• _Task prompt_
Your answer must be every line below, repeated exactly.
:: Supplied material ::
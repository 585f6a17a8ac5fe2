//! Ethernet frames at attachment circuits and in packets: the inner frame of what enters at a circuit, the frame as it leaves at
//! one (RFC 4762 section 7.1), and the frame as a pseudowire carries it (RFC 4448 section 4).
//!
//! `specs/Frame.antt` of `net_base` says what an inner frame is, and `specs/Packet.antt` what a packet.
#![tactic(auto)]

mod entering;
mod frame_fault;
mod laws;
mod leaving;
mod octets;
mod packing;
mod stack_entry;
mod tag;
mod unpacking;

pub use entering::{inner, inner_at, inner_parts};
pub use frame_fault::FrameFault;
pub use laws::packed_is_unpacked;
pub use leaving::dress;
pub use packing::pack;
pub use stack_entry::StackEntry;
pub use unpacking::{read_entry, unpack, unpacked_parts};
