//! A frame is packed for a pseudowire.
ghost use Rattle.std.specs.Prelude.{◌≡◌, ◌≤◌, ◌+◌, ◌++◌, true, length, drop};
ghost use Rattle.eth_encap.specs.Packet.{control_word, entry_octets, packed};

use crate::leaving::dress;
use crate::octets::join;
use byteorder::{BigEndian, ByteOrder};
use net_base::Label;

/// The bottom bit of an entry of a label stack (RFC 3032 section 2.1).
const BOTTOM: u32 = 0x100;

/// The control word of a frame: no flags, no fragments, and a sequence number that is not used (RFC 4448 section 4.6).
const CONTROL_WORD: [u8; 4] = [0, 0, 0, 0];

/// A packet of a pseudowire (RFC 4448 section 4): an entry of the label stack with this label and TTL at the bottom, the
/// control word where the wire has one, and the inner frame, which has a tag with this VLAN ID in tagged mode. Every frame is
/// packed: the tag comes behind its first twelve octets, or behind all of them where it has fewer. Writes the packet to the front
/// of `out`, which has twelve octets more than the inner frame or still more, and answers its length in octets. `vlan` is told in
/// tagged mode alone; where it is at most 4095 it stands there with priority and drop eligibility 0.
#[tactic(auto, using(crate::proofs::PacketLemmas::packed_behind))]
pub fn pack(
    label: Label,
    ttl: u8,
    cword: bool,
    vlan: Option<u16>,
    inner: &[u8],
    out: &mut [u8],
) -> usize
    requires room { length inner.now + 12 ≤ length out.old }
    ensures count { result ≡ length (packed label ttl cword vlan inner.now) }
    ensures octets { out.new ≡ packed label ttl cword vlan inner.now ++ drop result out.old }
{
    let at = put_front(label, ttl, cword, out);
    let (_, rest) = out.split_at_mut(at);
    at + dress(vlan, inner, rest)
}

// Writes the entry of the label stack and the control word, and answers the place behind them.
fn put_front(label: Label, ttl: u8, cword: bool, out: &mut [u8]) -> usize
    requires { 8 ≤ length out.old }
    ensures end { result ≡ length (entry_octets label true ttl ++ control_word cword) }
    ensures most { result ≤ 8 }
    ensures octets { out.new ≡ (entry_octets label true ttl ++ control_word cword) ++ drop result out.old }
{
    let entry = entry_bytes(label, ttl);
    if cword {
        join(&entry, &CONTROL_WORD, out)
    } else {
        join(&entry, &[], out)
    }
}

// The octets of an entry at the bottom of a label stack.
fn entry_bytes(label: Label, ttl: u8) -> [u8; 4]
    ensures { result ≡ entry_octets label true ttl }
{
    let mut octets = [0u8; 4];
    BigEndian::write_u32(&mut octets, label.number() * 0x1000 + (BOTTOM + ttl as u32));
    octets
}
:::
• _Solution to the problem_
repository 585f6a17a8ac5fe2
//! Ethernet frames at attachment circuits and in packets: the inner frame of what enters at a circuit, the frame as it leaves at
//! one (RFC 4762 section 7.1), and the frame as a pseudowire carries it (RFC 4448 section 4).
//!
//! `specs/Frame.antt` of `net_base` says what an inner frame is, and `specs/Packet.antt` what a packet.
#![tactic(auto)]

mod entering;
mod frame_fault;
mod laws;
mod leaving;
mod octets;
mod packing;
mod stack_entry;
mod tag;
mod unpacking;

pub use entering::{inner, inner_at, inner_parts};
pub use frame_fault::FrameFault;
pub use laws::packed_is_unpacked;
pub use leaving::dress;
pub use packing::pack;
pub use stack_entry::StackEntry;
pub use unpacking::{read_entry, unpack, unpacked_parts};
//! A frame is packed for a pseudowire.
ghost use Rattle.std.specs.Prelude.{◌≡◌, ◌≤◌, ◌+◌, ◌++◌, true, length, drop};
ghost use Rattle.eth_encap.specs.Packet.{control_word, entry_octets, packed};

use crate::leaving::dress;
use crate::octets::join;
use byteorder::{BigEndian, ByteOrder};
use net_base::Label;

/// The bottom bit of an entry of a label stack (RFC 3032 section 2.1).
const BOTTOM: u32 = 0x100;

/// The control word of a frame: no flags, no fragments, and a sequence number that is not used (RFC 4448 section 4.6).
const CONTROL_WORD: [u8; 4] = [0, 0, 0, 0];

/// A packet of a pseudowire (RFC 4448 section 4): an entry of the label stack with this label and TTL at the bottom, the
/// control word where the wire has one, and the inner frame, which has a tag with this VLAN ID in tagged mode. Every frame is
/// packed: the tag comes behind its first twelve octets, or behind all of them where it has fewer. Writes the packet to the front
/// of `out`, which has twelve octets more than the inner frame or still more, and answers its length in octets. `vlan` is told in
/// tagged mode alone; where it is at most 4095 it stands there with priority and drop eligibility 0.
#[tactic(auto, using(crate::proofs::PacketLemmas::packed_behind))]
pub fn pack(
    label: Label,
    ttl: u8,
    cword: bool,
    vlan: Option<u16>,
    inner: &[u8],
    out: &mut [u8],
) -> usize
    requires room { length inner.now + 12 ≤ length out.old }
    ensures count { result ≡ length (packed label ttl cword vlan inner.now) }
    ensures octets { out.new ≡ packed label ttl cword vlan inner.now ++ drop result out.old }
{
    let at = put_front(label, ttl, cword, out);
    let (_, rest) = out.split_at_mut(at);
    at + dress(vlan, inner, rest)
}

// Writes the entry of the label stack and the control word, and answers the place behind them.
fn put_front(label: Label, ttl: u8, cword: bool, out: &mut [u8]) -> usize
    requires { 8 ≤ length out.old }
    ensures end { result ≡ length (entry_octets label true ttl ++ control_word cword) }
    ensures most { result ≤ 8 }
    ensures octets { out.new ≡ (entry_octets label true ttl ++ control_word cword) ++ drop result out.old }
{
    let entry = entry_bytes(label, ttl);
    if cword {
        join(&entry, &CONTROL_WORD, out)
    } else {
        join(&entry, &[], out)
    }
}

// The octets of an entry at the bottom of a label stack.
fn entry_bytes(label: Label, ttl: u8) -> [u8; 4]
    ensures { result ≡ entry_octets label true ttl }
{
    let mut octets = [0u8; 4];
    BigEndian::write_u32(&mut octets, label.number() * 0x1000 + (BOTTOM + ttl as u32));
    octets
}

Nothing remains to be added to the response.